ZnO₂ is an efficient catalyst for generating H₂O₂ under ambient conditions, surpassing ZnO in Fenton-like and catalytic ozonation processes. However, its wide band gap of 3.7 eV restricts its activity under visible light. This study investigates ZnO₂/g-C₃N₄ composites, hypothesizing that their heterojunction enables catalysts to produce reactive oxygen species (ROS) under visible light. The composites were synthesized and characterized using XRD, HRTEM, UV-DRS, and XPS, confirming the successful integration of ZnO₂ into the g-C₃N₄ matrix.

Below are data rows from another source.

// Reads at the effective moment.
ghost use Rattle.std.specs.Prelude.{◌≡◌, IfOk, None};
ghost use Rattle.dkv_base.specs.Limits.{read_limit};
ghost use Rattle.dkv_base.specs.Replies.{read_reply};
ghost use Rattle.dkv_msgs.specs.Outputs.{read_output};
ghost use Rattle.dkv_msgs.specs.Spellings.{spell_snapshot_read_output};
ghost use Rattle.dkv_core.specs.Cores.{IsEffective};
ghost use Rattle.dkv_store.specs.Stores.{effective_at};

use crate::store::Store;
use dkv_base::{Bytes, Entry, NoMemory, ReadRange, Run};
use dkv_core::Core;
use dkv_io::Disk;
use dkv_msgs::read_reply;
use std::alloc::Global;

impl<D: Disk> Store<D> {
    /// The entries of each range at the effective moment. Takes memory for copies of them.
    pub(crate) fn read_kept(
        &mut self,
        alloc: Global,
        at: u64,
        ranges: &[ReadRange],
    ) -> Result<Run<Run<Entry>>, NoMemory>
        requires unlimited { read_limit ranges.now ≡ None }
        ensures reply { IfOk result (λ answer. answer
            ≡ read_reply self.old.core.state (effective_at self.old at) ranges.now) }
        ensures content { self.new
            ≡ record self.old { core = record self.old.core { greatest = effective_at self.old at } } }
    {
        let at = self.core.moment(at);
        self.core.raise(at);
        self.core.read(alloc, ranges, at)
    }

    /// The body of the reply to a read of these ranges, in its canonical spelling. Copies no entry but into the reply, for
    /// which it takes memory.
    pub(crate) fn spell_kept(
        &mut self,
        alloc: Global,
        at: u64,
        ranges: &[ReadRange],
    ) -> Result<Bytes, NoMemory>
        requires unlimited { read_limit ranges.now ≡ None }
        ensures reply { IfOk result (λ body. body ≡ spell_snapshot_read_output
            (read_output (read_reply self.old.core.state (effective_at self.old at) ranges.now))) }
        ensures content { self.new ≡ record self.old {
          core = record self.old.core { greatest = effective_at self.old at };
        } }
    {
        let at = self.core.moment(at);
        self.core.raise(at);
        found_reply(&self.core, alloc, at, ranges)
    }
}

// The entries of these ranges, spelled as they stand in the core.
fn found_reply(core: &Core, alloc: Global, at: u64, ranges: &[ReadRange]) -> Result<Bytes, NoMemory>
    requires unlimited { read_limit ranges.now ≡ None }
    requires effective { IsEffective core.now at }
    ensures { IfOk result (λ body.
        body ≡ spell_snapshot_read_output (read_output (read_reply core.now.state at ranges.now))) }
{
    let found = core.find(alloc, ranges, at)?;
    read_reply(alloc, found.as_slice())
}
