//! The database over two files: a core whose every commit is on the disk before it is answered.
//!
//! The layer above may rely on this: a store is opened as what its two files recover to; each call answers as a step of the one-thread
//! database, and says what a stop at any moment of it leaves of the files; what a store keeps throughout, `is_kept` says.
#![tactic(auto)]

mod again;
mod answers;
mod calls;
mod commits;
mod held;
mod keep;
mod laid;
mod looks;
mod opening;
mod reads;
mod recall;
mod replay;
mod stops;
mod store;
mod takes;
mod tells;
mod terms;
mod trail;
mod watches;

pub use answers::{Done, OpenRefusal, Refusal};
pub use opening::open_store;
pub use stops::Peek;
pub use store::Store;
pub use tells::{Counts, Identity};
pub use terms::{TermRefusal, WORN};
pub use trail::MAX_TRAIL_BYTES;
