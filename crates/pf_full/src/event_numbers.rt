ghost use Rattle.std.specs.Prelude.{◌≡◌, None, Some};

/// The numbers that an event has beside its own and its slot, as far as its kind has them.
#[derive(Clone, Copy)]
pub struct EventNumbers {
    /// The task that joins, leaves or is delayed.
    pub task: Option<u64>,
    /// The cost of a join.
    pub cost: Option<u64>,
    /// Its period.
    pub period: Option<u64>,
    /// By how many slots it may run early.
    pub early: Option<u64>,
    /// By how many slots a task is delayed.
    pub by: Option<u64>,
    /// How many processors a limit leaves.
    pub count: Option<u64>,
}

impl EventNumbers {
    /// None.
    fn none() -> Self
        ensures { result ≡ record { task = None; cost = None; period = None; early = None; by = None; count = None } }
    {
        EventNumbers {
            task: None,
            cost: None,
            period: None,
            early: None,
            by: None,
            count: None,
        }
    }

    /// Those of a join.
    pub fn of_join(task: u64, cost: u64, period: u64, early: u64) -> Self
        ensures { result ≡ record { task = Some task; cost = Some cost; period = Some period; early = Some early; by = None; count = None } }
    {
        EventNumbers {
            task: Some(task),
            cost: Some(cost),
            period: Some(period),
            early: Some(early),
            ..EventNumbers::none()
        }
    }

    /// That of a leave.
    pub fn of_leave(task: u64) -> Self
        ensures { result ≡ record { task = Some task; cost = None; period = None; early = None; by = None; count = None } }
    {
        EventNumbers {
            task: Some(task),
            ..EventNumbers::none()
        }
    }

    /// Those of a delay.
    pub fn of_delay(task: u64, by: u64) -> Self
        ensures { result ≡ record { task = Some task; cost = None; period = None; early = None; by = Some by; count = None } }
    {
        EventNumbers {
            task: Some(task),
            by: Some(by),
            ..EventNumbers::none()
        }
    }

    /// That of a limit.
    pub fn of_limit(count: u64) -> Self
        ensures { result ≡ record { task = None; cost = None; period = None; early = None; by = None; count = Some count } }
    {
        EventNumbers {
            count: Some(count),
            ..EventNumbers::none()
        }
    }
}
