ghost use Rattle.std.specs.Prelude.{◌≡◌, IfOk};
ghost use Rattle.serde_json.specs.View.{view};
ghost use Rattle.pf_full.specs.Full.{event_data, event_object, optional_data};

use crate::event_numbers::EventNumbers;
use pf_desk::snapshot::Snapshot;
use pf_report::elements::Elements;
use pf_scenario::event::{Event, Numbered};
use serde_json::{Value, json};
use std::alloc::{AllocError, Global};
use std::marker::Model;

/// A number, or null where there is none.
fn optional(number: Option<u64>) -> Value
    ensures { view result ≡ optional_data number }
{
    match number {
        Some(number) => Value::from(number),
        None => Value::Null,
    }
}

/// An event of this number, slot and kind as an object.
fn event_object(
    alloc: Global,
    id: u64,
    slot: u64,
    kind: &str,
    numbers: EventNumbers,
) -> Result<Value, AllocError>
    ensures { IfOk result (λ v. view v ≡ event_object id slot kind.now numbers) }
{
    json!(in alloc; {
        "by": optional(numbers.by),
        "cost": optional(numbers.cost),
        "count": optional(numbers.count),
        "early": optional(numbers.early),
        "event": id,
        "kind": kind,
        "period": optional(numbers.period),
        "slot": slot,
        "task": optional(numbers.task)
    })
}

/// An event as an object: null where its kind has no such number.
fn event_value(alloc: Global, numbered: Numbered) -> Result<Value, AllocError>
    ensures { IfOk result (λ v. view v ≡ event_data numbered) }
{
    let id = numbered.id;
    let slot = numbered.event.slot();
    match numbered.event {
        Event::Join {
            task,
            cost,
            period,
            early,
            ..
        } => {
            let numbers = EventNumbers::of_join(task, cost, period, early);
            event_object(alloc, id, slot, "join", numbers)
        }
        Event::Leave { task, .. } => {
            event_object(alloc, id, slot, "leave", EventNumbers::of_leave(task))
        }
        Event::Delay { task, by, .. } => {
            event_object(alloc, id, slot, "delay", EventNumbers::of_delay(task, by))
        }
        Event::Limit { count, .. } => {
            event_object(alloc, id, slot, "limit", EventNumbers::of_limit(count))
        }
    }
}

/// The events held, by number.
#[derive(Drop)]
pub struct EventRows {
    events: Vec<Numbered>,
}

impl Model for EventRows {
    ghost use Rattle.std.specs.Prelude.{List};
    ghost use Rattle.pf_scenario.specs.declared.event.Numbered.{Numbered};

    ghost Value = { List Numbered };

    ghost view = { λ r. r.events.items };
}

impl EventRows {
    ghost use Rattle.std.specs.Prelude.{◌≡◌, ◌∷◌, ◌+◌, ◌<◌, length, drop, IfOk};

    /// Those that a snapshot shows.
    ///
    /// # Errors
    ///
    /// Where memory is refused.
    pub fn of(alloc: Global, snapshot: &Snapshot) -> Result<Self, AllocError>
        ensures { IfOk result (λ r. r ≡ snapshot.now.state.plan.events) }
    {
        let mut events = Vec::new(alloc);
        for numbered in snapshot.events() {
            events.push(numbered)?;
        }
        Ok(EventRows { events })
    }

    /// The one at a place.
    fn get(&self, at: u64) -> Numbered
        requires { at < length self.now }
        ensures { drop at self.now ≡ result ∷ drop (at + 1) self.now }
    {
        self.events[at as usize]
    }

    /// How many there are.
    fn len(&self) -> u64
        ensures { result ≡ length self.now }
    {
        self.events.len() as u64
    }
}

impl Elements for EventRows {
    ghost use Rattle.std.specs.Prelude.{length, drop, map};
    ghost use Rattle.pf_full.specs.Full.{event_data};

    ghost count = { λ r. length r };

    ghost rest = { λ r at. map event_data (drop at r) };

    fn count(&self) -> u64 {
        self.len()
    }

    fn element(&self, alloc: Global, at: u64) -> Result<Value, AllocError> {
        event_value(alloc, self.get(at))
    }
}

The catalytic performance of ZnO₂/g-C₃N₄ was evaluated through multiple pathways, including Fenton-like, catalytic, and photocatalytic ozonation, for ROS generation and degradation of persistent organic pollutants under ambient and visible light. OH[rad] production by the composite after 60 min was measured as follows: Fenton-like (1.2 × 10⁻¹⁰ M), photocatalysis (3.2 × 10⁻¹⁰ M), ozonation (6.5 × 10⁻¹⁰ M), and photocatalytic ozonation (22 × 10⁻¹⁰ M), indicating the superior efficiency of the photocatalytic ozonation process. The composite's pollutant degradation efficiency was tested using cyclophosphamide and iohexol as model micropollutants. ZnO₂/g-C₃N₄ significantly degraded and mineralized both compounds, even in tertiary wastewater effluents, highlighting its practical applicability. Moreover, the composite demonstrated excellent stability, retaining over 95 % of its catalytic activity after five consecutive treatment cycles.